WHAT THE TASK ASKS: Hunt through the lines below for the string "builder" and copy each one that has it.

(Beginning of INFORMATION SHOWN)

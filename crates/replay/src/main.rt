//! Replays a list of the original's answers, and prints how many calls there were and how many differ. No Rust is needed for it.
//!
//! The list, data/answers0.bin and on, cut between items, was made by `oracle items 1500 --seed 7 --out DIR`; a test of the oracle makes it again. First
//! come 3,432 calls with the original's answers, where stops 1 to 4, 7, 11 and 12, the dropping of writes and the entry of IR0 are the oracle's own: the
//! 930 directed calls of `oracle list` without a log and 1,500 random ones, every third of which has a log; then directed calls with a log: 187 short runs
//! with used counts up to, at and beyond the list's end, each listed opcode once, and 98 of the directed calls again, which are not of an opcode each and
//! take less than a million steps; then 147 directed calls with a read-only part, 73 of them with a log; then 155 directed calls with a stop address, 77
//! of them with a log and 45 with a read-only part; then 99 directed calls with IR0 set, 52 of them with a log, 13 with a read-only part and 8 with a stop
//! address. In all 1,303 calls have a log; 280 end with 11, 157 of them after completed steps, and 79 with 12; 295 begin with BF and IR0 set. Then come
//! 121 files that are turned down with 8, 9 or 10: document 01's example cut at every place, with bytes left over, with each field too great or too long,
//! and with random bytes changed; their lines are the oracle's own reading, for the original has none.
//! An item, its numbers lowest byte first: the campaign file's length (2 bytes), the two pages' lengths (4 each), the line's length (1), the fill
//! rule's first byte and step (1 each), how many bytes are set after it (1), the log's used count, or 65,535 where no log is lent (2), first and end of
//! the read-only part (4 each), the stop address, or a number above 65,535 where none is given (4); the campaign file; document 01's line; for each byte
//! that is set its offset (2), page (1) and value (1); the two sums over what the call leaves (8 each): both pages, then all entries of the list, then the
//! used count. The pages lent are as long as the item says: the fill rule, then the campaign file's bytes at their start, then the bytes that are set. So
//! pages can be longer than a campaign file holds. The list has 64 entries, each FFFFFFFF before the call, also where no log is lent; the used count is
//! then 0.
#![tactic(auto)]
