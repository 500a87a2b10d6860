//! What the words of a command line ask for.
ghost use Rattle.std.specs.Prelude.{◌≡◌, false, IfOk, IfErr, codes, count_by, is_none, is_some, map, option_map, string_bytes, Some};
ghost use Rattle.std.specs.Str.{bytes_eq};
ghost use Rattle.clap.specs.Words.{app_of, first_value, found_of, kind_of, new_app, rows_of, rule_of, subcommand_rows_of};
ghost use Rattle.clap.specs.declared.builder.command.Command.TheViews.{out-Command};
ghost use Rattle.fkv_requests.specs.Requests.{
  IsAskedBy,
  IsAskedByKind,
  IsAskedIn,
  program,
  with_version,
  IsMistake,
  IsTableBy,
  number_rule,
  memory_rule,
  feeds_rule,
  placed_app,
  numbered_app,
  told_app,
  table_app,
  table_named,
  dir_rule,
  audit_of,
  number_of,
  given_or,
  memory_of,
  config_of,
  partition_bits_of,
  folder_of,
  has_bad_path,
  has_bad_spill,
  inputs_in,
  is_nameless,
  paths_of,
  flag_rule,
  is_given,
  is_set,
  sized_of,
  source_of,
  spill_of,
};

use crate::memory::{
    bucket_bits_in, digits_in, frames_in, page_bits_in, partition_bits_in, share_of, size_of,
};
use clap::builder::ValueParser;
use clap::error::ErrorKind;
use clap::parser::ValueSource;
use clap::{Arg, ArgAction, ArgMatches, Command, Error};
use fkv_functions::Refused;
use fkv_partition::Config;
use std::alloc::{AllocError, Global};

/// The program's version. `fkv_commands` writes it behind the name.
const VERSION: &str = "0.1.0";

/// Two command lines, at the end of help.
const EXAMPLES: &str = "Examples:
  fkv_cli sum january.csv february.csv
  fkv_cli count --workers 4 --memory 2G --dir pages *.csv";

/// What is told of a size that can't be read.
const BAD_SIZE: &str =
    "error: --memory takes a number of one to eighteen digits with K, M, G or T behind it, such as 64M\n";

/// What is told of a size that is a number alone.
const BARE_SIZE: &str =
    "error: --memory takes a unit behind its number: K, M, G or T, such as 64M\n";

/// What is told of a folder with an empty path.
const NO_FOLDER: &str = "error: --dir takes the path of a folder\n";
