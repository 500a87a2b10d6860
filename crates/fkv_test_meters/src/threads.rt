//! Two threads that share counts.
use crate::sources::{Heard, all_of};
use fkv_device::{Disk, FileDevice, MemoryDevice, Page, PageReader, PageWriter};
use fkv_functions::Refused;
use fkv_meters::{
    MeterReadings, MeteredDevice, Meters, ProgressLine, ProgressSource, ReadProgress, Silent,
};
use fkv_streams::{CountedReader, Source};
use std::alloc::Global;
use std::test::Fail;
use std::thread::{Threads, join};

/// How many lines a feed has.
const ROWS: usize = 50_000;

/// Reads a source to its end, and says whether it gave these bytes.
fn reads_all<S: Source + Drop>(alloc: Global, source: S, text: &[u8]) -> bool {
    let mut source = source;
    match all_of(alloc, &mut source, 1_000) {
        Ok((read, Ok(()))) => read.as_slice() == text,
        _ => false,
    }
}

/// Whether two sources, each in a thread of its own, give all their bytes.
fn are_read_by_two<P: ReadProgress + Sync, T: Threads + Sync>(
    rt: &T,
    alloc: Global,
    text: &[u8],
    hook: &P,
) -> bool {
    hook.begin();
    let one = ProgressSource::new(CountedReader::new(text), hook);
    let two = ProgressSource::new(CountedReader::new(text), hook);
    let (first, second) = join(
        rt,
        move || reads_all(alloc, one, text),
        move || reads_all(alloc, two, text),
    );
    first && second
}

#[test]
fn two_sources_share_a_hook(rt: HostRuntime) -> Result<(), Fail> {
    let alloc = rt.alloc();
    let text = vec![in alloc; b'\n'; ROWS]?;
    let text = text.as_slice();
    let heard = Heard::new();
    assert!(rt; are_read_by_two(&rt, alloc, text, &heard));
    assert!(rt; heard.told().2 == 100_000, "{:?}", heard.told());
    let faults = rt.stderr();
    assert!(rt; are_read_by_two(&rt, alloc, text, &ProgressLine::new(&rt, &faults, false)));
    assert!(rt; are_read_by_two(&rt, alloc, text, &Silent));
    Ok(())
}

/// Writes so many pages of 64 bytes, and reads each twice.
fn works<W: PageWriter, R: PageReader<Receipt = W::Receipt>>(
    alloc: Global,
    writer: W,
    reader: R,
    pages: u64,
) -> Result<(), Refused> {
    let mut writer = writer;
    let mut reader = reader;
    let bytes = Page::copy_of(alloc, &[7u8; 64])?;
    for page in 0..pages {
        let receipt = writer.write(page, &bytes)?;
        let _once = reader.read(&receipt, 64)?;
        let _twice = reader.read(&receipt, 64)?;
    }
    Ok(())
}

#[test]
fn two_writers_share_meters(rt: HostRuntime) -> Result<(), Fail> {
    let alloc = rt.alloc();
    let meters = Meters::new();
    let mut device = MeteredDevice::new(MemoryDevice::new(alloc), &meters);
    let (first, its_reader) = (device.writer(0)?, device.reader(0)?);
    let (second, the_other) = (device.writer(1)?, device.reader(1)?);
    let (one, two) = join(
        &rt,
        move || works(alloc, first, its_reader, 300),
        move || works(alloc, second, the_other, 200),
    );
    let seen = MeterReadings {
        pages_written: 500,
        pages_read: 1_000,
        bytes_written: 32_000,
    };
    assert!(rt;
        one == Ok(()) && two == Ok(()) && meters.seen() == seen,
        "{one:?} {two:?}"
    );
    Ok(())
}

/// What a run in threads asks of its device and its feeds.
fn takes<D: Disk + Send, S: Source + Drop + Send>(_device: &D, _feed: &S) -> bool
where
    D::Receipt: Send,
    D::Writer: Send,
    D::Reader: Send,
{
    true
}

/// The same of any such device that is metered, and of any such feed that tells.
fn takes_wrapped<D: Disk + Send, S: Source + Drop + Send, P: ReadProgress + Sync>(
    device: D,
    feed: S,
    hook: &P,
) -> bool
where
    D::Receipt: Send,
    D::Writer: Send,
    D::Reader: Send,
{
    let meters = Meters::new();
    takes(
        &MeteredDevice::new(device, &meters),
        &ProgressSource::new(feed, hook),
    )
}

#[test]
fn a_run_in_threads_takes_both(rt: HostRuntime) -> Result<(), Fail> {
    let folder = String::from_str(rt.alloc(), "device_files")?;
    let device = FileDevice::new(&rt, rt.alloc(), folder, 8);
    let feed: &[u8] = b"a,1\n";
    let faults = rt.stderr();
    let telling = ProgressLine::new(&rt, &faults, false);
    assert!(rt; takes_wrapped(device, CountedReader::new(feed), &telling));
    Ok(())
}
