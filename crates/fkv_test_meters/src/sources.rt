//! Reads through a source that tells: which bytes pass, and what is counted and told.
use fkv_functions::Refused;
use fkv_meters::{ProgressSource, ReadProgress};
use fkv_streams::{CountedReader, Source};
use fkv_test_streams::Breaking;
use std::alloc::{AllocError, Global};
use std::io::ErrorKind;
use std::sync::atomic::{AtomicU64, Ordering};
use std::test::Fail;

/// What a hook was told.
#[derive(Drop)]
pub struct Heard {
    reads: AtomicU64,
    bytes: AtomicU64,
    lines: AtomicU64,
}

impl Heard {
    pub fn new() -> Heard {
        Heard {
            reads: AtomicU64::new(0),
            bytes: AtomicU64::new(0),
            lines: AtomicU64::new(0),
        }
    }

    /// How many reads gave bytes, how many bytes, and how many of these are 10.
    pub fn told(&self) -> (u64, u64, u64) {
        (
            self.reads.load(Ordering::SeqCst),
            self.bytes.load(Ordering::SeqCst),
            self.lines.load(Ordering::SeqCst),
        )
    }
}

impl ReadProgress for Heard {
    fn begin(&self) {}

    fn read(&self, bytes: &[u8]) {
        if bytes.is_empty() {
            return;
        }
        let lines = bytes.iter().filter(|byte| **byte == 10).count() as u64;
        self.reads.fetch_add(1, Ordering::SeqCst);
        self.bytes.fetch_add(bytes.len() as u64, Ordering::SeqCst);
        self.lines.fetch_add(lines, Ordering::SeqCst);
    }

    fn end(&self) {}
}

/// The bytes that a source gives in reads of at most so many, until its end or its first refusal.
pub fn all_of<S: Source>(
    alloc: Global,
    source: &mut S,
    room: usize,
) -> Result<(Vec<u8>, Result<(), Refused>), AllocError> {
    let mut text = Vec::new(alloc);
    let mut buffer = vec![in alloc; 0u8; room]?;
    for _ in 0..u64::MAX {
        match source.read(buffer.as_mut_slice()) {
            Ok(0) => return Ok((text, Ok(()))),
            Ok(count) => text.extend_from_slice(&buffer[..count])?,
            Err(refused) => return Ok((text, Err(refused))),
        }
    }
    Ok((text, Ok(())))
}

/// Five lines, one of which is empty, and one that no line end follows.
const TEXT: &[u8] = b"a,1\nbb,22\n\nccc,333\r\n\"d\ne\",4\nf,5";

/// The bytes that a reader gives at most, and a read has room for, and how many reads give bytes.
const PIECES: [(usize, usize, u64); 5] = [
    (1, 1, 31),
    (3, 64, 11),
    (64, 5, 7),
    (7, 7, 5),
    (64, 64, 1),
];

#[test]
fn bytes_pass_and_are_told(rt: HostRuntime) -> Result<(), Fail> {
    for (piece, room, reads) in PIECES {
        let heard = Heard::new();
        let reader = CountedReader::new(Breaking::new(TEXT, piece, u64::MAX));
        let mut source = ProgressSource::new(reader, &heard);
        let (text, ended) = all_of(rt.alloc(), &mut source, room)?;
        assert!(rt;
            text.as_slice() == TEXT && ended == Ok(()),
            "{piece} {room}"
        );
        let told = heard.told();
        let all = TEXT.len() as u64;
        assert!(rt; told == (reads, all, 6), "{piece} {room}: {told:?}");
    }
    Ok(())
}

#[test]
fn a_reader_that_fails_in_the_middle(rt: HostRuntime) -> Result<(), Fail> {
    let heard = Heard::new();
    let reader = CountedReader::new(Breaking::once(TEXT, 4, 3, ErrorKind::Other));
    let mut source = ProgressSource::new(reader, &heard);
    let (front, ended) = all_of(rt.alloc(), &mut source, 64)?;
    let refused = Err(Refused::Unreadable { number: 1 });
    assert!(rt;
        front.as_slice() == &TEXT[..12] && ended == refused,
        "{ended:?}"
    );
    assert!(rt; heard.told() == (3, 12, 3), "{:?}", heard.told());
    let (back, ended) = all_of(rt.alloc(), &mut source, 64)?;
    assert!(rt;
        back.as_slice() == &TEXT[12..] && ended == Ok(()),
        "{ended:?}"
    );
    assert!(rt; heard.told().2 == 6);
    Ok(())
}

(End of INFORMATION SHOWN)

TASK OUTPUT:
ghost use Rattle.clap.specs.declared.builder.command.Command.TheViews.{out-Command};
use clap::builder::ValueParser;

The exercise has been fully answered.